ACTION ITEM: Collect every line of the records below that contains the word "routine".

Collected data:
═══

ghost use Rattle.std.specs.Prelude.{◌≡◌, ◌+◌, ◌||◌, [], length, true, false, Some, None, IfOk, OnOk};
ghost use Rattle.std.specs.BTreeMap.{is_at};
ghost use Rattle.std.specs.BTreeSet.{contains};
ghost use Rattle.std.specs.Map.{lookup};
ghost use Rattle.std.specs.Ordering.{nat_cmp};
ghost use Rattle.vh_proc.specs.Families.{AreKept, CallJoins, Joins, Leaves, Calls, ComeFrom, IsExact, MembersJoin, MembersLeave, called_by, is_of, root_of};

use std::alloc::Global;
use std::collections::{BTreeMap, BTreeSet};
use vh_base::{NoMemory, ObjId, ProcId};
use vh_design::{Instruction, Operation};

// The numbers of a process of the design and of the branches that come from it.
pub(crate) type Family = BTreeSet<u64, Global>;

// For each task and function that was called, the processes of the design that have called it, or
// from which a branch comes that has, and aren't forgotten.
type Callers = BTreeMap<u32, BTreeSet<u64, Global>, Global>;

// The family of each process of the design, and of each number in one that process; and who has
// called what.
#[derive(Drop)]
pub(crate) struct Families {
    pub(crate) sets: Vec<Family>,
    pub(crate) roots: BTreeMap<u64, u64, Global>,
    pub(crate) callers: Callers,
}

// Adds a family of one number.
fn push_one(alloc: Global, sets: &mut Vec<Family>, p: u64) -> Result<(), NoMemory>
    requires { length sets.old.items ≡ p }
    ensures length { OnOk result (length sets.new.items ≡ p + 1) }
    ensures joins { OnOk result (MembersJoin sets.old.items sets.new.items p p) }
{
    let mut family = BTreeSet::new(alloc);
    family.insert(p)?;
    sets.push(family)?;
    Ok(())
}

// A number comes into a family. Is there one?
fn insert_at(sets: &mut Vec<Family>, k: u64, p: u64) -> Result<bool, NoMemory>
    ensures { IfOk result (λ is_there. is_there ≡ true
        → MembersJoin sets.old.items sets.new.items k p) }
{
    let Some(family) = sets.get_mut(k as usize) else {
        return Ok(false);
    };
    family.insert(p)?;
    Ok(true)
}

// A number goes out of it.
fn remove_at(sets: &mut Vec<Family>, k: u64, p: u64)
    ensures { MembersLeave sets.old.items sets.new.items k p }
{
    if let Some(family) = sets.get_mut(k as usize) {
        family.remove(&p);
    }
}

// A caller comes into the set of a task or function. Is there one?
fn insert_under(callers: &mut Callers, r: ObjId, k: u64) -> Result<bool, NoMemory>
    ensures there { IfOk result (λ is_there. is_there ≡ true
        → CallJoins callers.old.entries callers.new.entries r k) }
    ensures none { IfOk result (λ is_there. is_there ≡ false
        → (callers.new.entries ≡ callers.old.entries)
        × (lookup (is_at (nat_cmp r)) callers.old.entries ≡ None)) }
{
    let Some(set) = callers.get_mut(&r.number()) else {
        return Ok(false);
    };
    set.insert(k)?;
    Ok(true)
}

// A caller of a task or function comes in.
fn insert_caller(alloc: Global, callers: &mut Callers, r: ObjId, k: u64) -> Result<(), NoMemory>
    ensures { OnOk result (CallJoins callers.old.entries callers.new.entries r k) }
{
    if insert_under(callers, r, k)? {
        return Ok(());
    }
    let mut set = BTreeSet::new(alloc);
    set.insert(k)?;
    callers.insert(r.number(), set)?;
    Ok(())
}

// The numbers of a family come into a set.
fn add_family(all: &mut Family, family: &Family) -> Result<(), NoMemory>
    ensures { OnOk result ((p : _) → contains nat_cmp all.new p
        ≡ (contains nat_cmp all.old p || contains nat_cmp family.now p)) }
{
    for p in family.iter() {
        all.insert(*p)?;
    }
    Ok(())
}

// Those of the family of a process of the design do.
fn add_all(all: &mut Family, sets: &[Family], k: u64) -> Result<(), NoMemory>
    ensures { OnOk result ((p : _) → contains nat_cmp all.new p
        ≡ (contains nat_cmp all.old p || is_of sets.now k p)) }
{
    match sets.get(k as usize) {
        Some(family) => add_family(all, family),
        None => Ok(()),
    }
}

impl Families {
    // No process is there.
    pub(crate) fn none(alloc: Global) -> Families
        ensures length { length result.sets.items ≡ 0 }
        ensures kept { AreKept result 0 [] }
    {
        Families {
            sets: Vec::new(alloc),
            roots: BTreeMap::new(alloc),
            callers: BTreeMap::new(alloc),
        }
    }

    // The next process of the design has a family of its own.
    pub(crate) fn own(&mut self, alloc: Global, p: u64) -> Result<(), NoMemory>
        requires { length (self.old).sets.items ≡ p }
        ensures length { OnOk result (length (self.new).sets.items ≡ p + 1) }
        ensures joins { OnOk result (Joins self.old self.new p p) }
    {
        push_one(alloc, &mut self.sets, p)?;
        self.roots.insert(p, p)?;
        Ok(())
    }

    // A branch comes into the family of what has begun it. Is there one, and was each in its own?
    pub(crate) fn join(&mut self, parent: ProcId, p: u64, were_kept: bool) -> Result<bool, NoMemory>
        ensures kept { IfOk result (λ are. are ≡ true → were_kept ≡ true) }
        ensures joins { IfOk result (λ are. are ≡ true
            → (k : _) → root_of parent self.old ≡ Some k → Joins self.old self.new k p) }
    {
        let Some(root) = self.roots.get(&parent.number()) else {
            return Ok(false);
        };
        let root = *root;
        let is_there = insert_at(&mut self.sets, root, p)?;
        self.roots.insert(p, root)?;
        Ok(were_kept && is_there)
    }

    // A process goes out of its family.
    pub(crate) fn leave(&mut self, p: u64)
        ensures { Leaves self.old self.new p }
    {
        if let Some(root) = self.roots.remove(&p) {
            remove_at(&mut self.sets, root, p);
        }
    }

    // A process calls a task or function.
    #[inline(never)]
    fn note_call(&mut self, alloc: Global, p: ProcId, r: ObjId) -> Result<(), NoMemory>
        ensures { OnOk result (Calls self.old self.new p (Some r)) }
    {
        let Some(root) = self.roots.get(&p.number()) else {
            return Ok(());
        };
        let root = *root;
        insert_caller(alloc, &mut self.callers, r, root)
    }

    // A process performs a label: what it calls is noted.
    pub(crate) fn arrive(
        &mut self,
        alloc: Global,
        p: ProcId,
        i: &Instruction,
    ) -> Result<(), NoMemory>
        ensures { OnOk result (Calls self.old self.new p (called_by i.now.operation)) }
    {
        let Operation::Enter { routine, .. } = &i.operation else {
            return Ok(());
        };
        self.note_call(alloc, p, *routine)
    }

    // All that come from the callers of a task or function.
    pub(crate) fn of_callers(&self, alloc: Global, r: u32) -> Result<Family, NoMemory>
        requires { IsExact self.now }
        ensures { IfOk result (ComeFrom self.now r) }
    {
        let mut all = BTreeSet::new(alloc);
        let Some(callers) = self.callers.get(&r) else {
            return Ok(all);
        };
        for k in callers.iter() {
            add_all(&mut all, &self.sets, *k)?;
        }
        Ok(all)
    }
}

═══

OUTPUT FOR THIS EXERCISE:
        let Operation::Enter { routine, .. } = &i.operation else {
        self.note_call(alloc, p, *routine)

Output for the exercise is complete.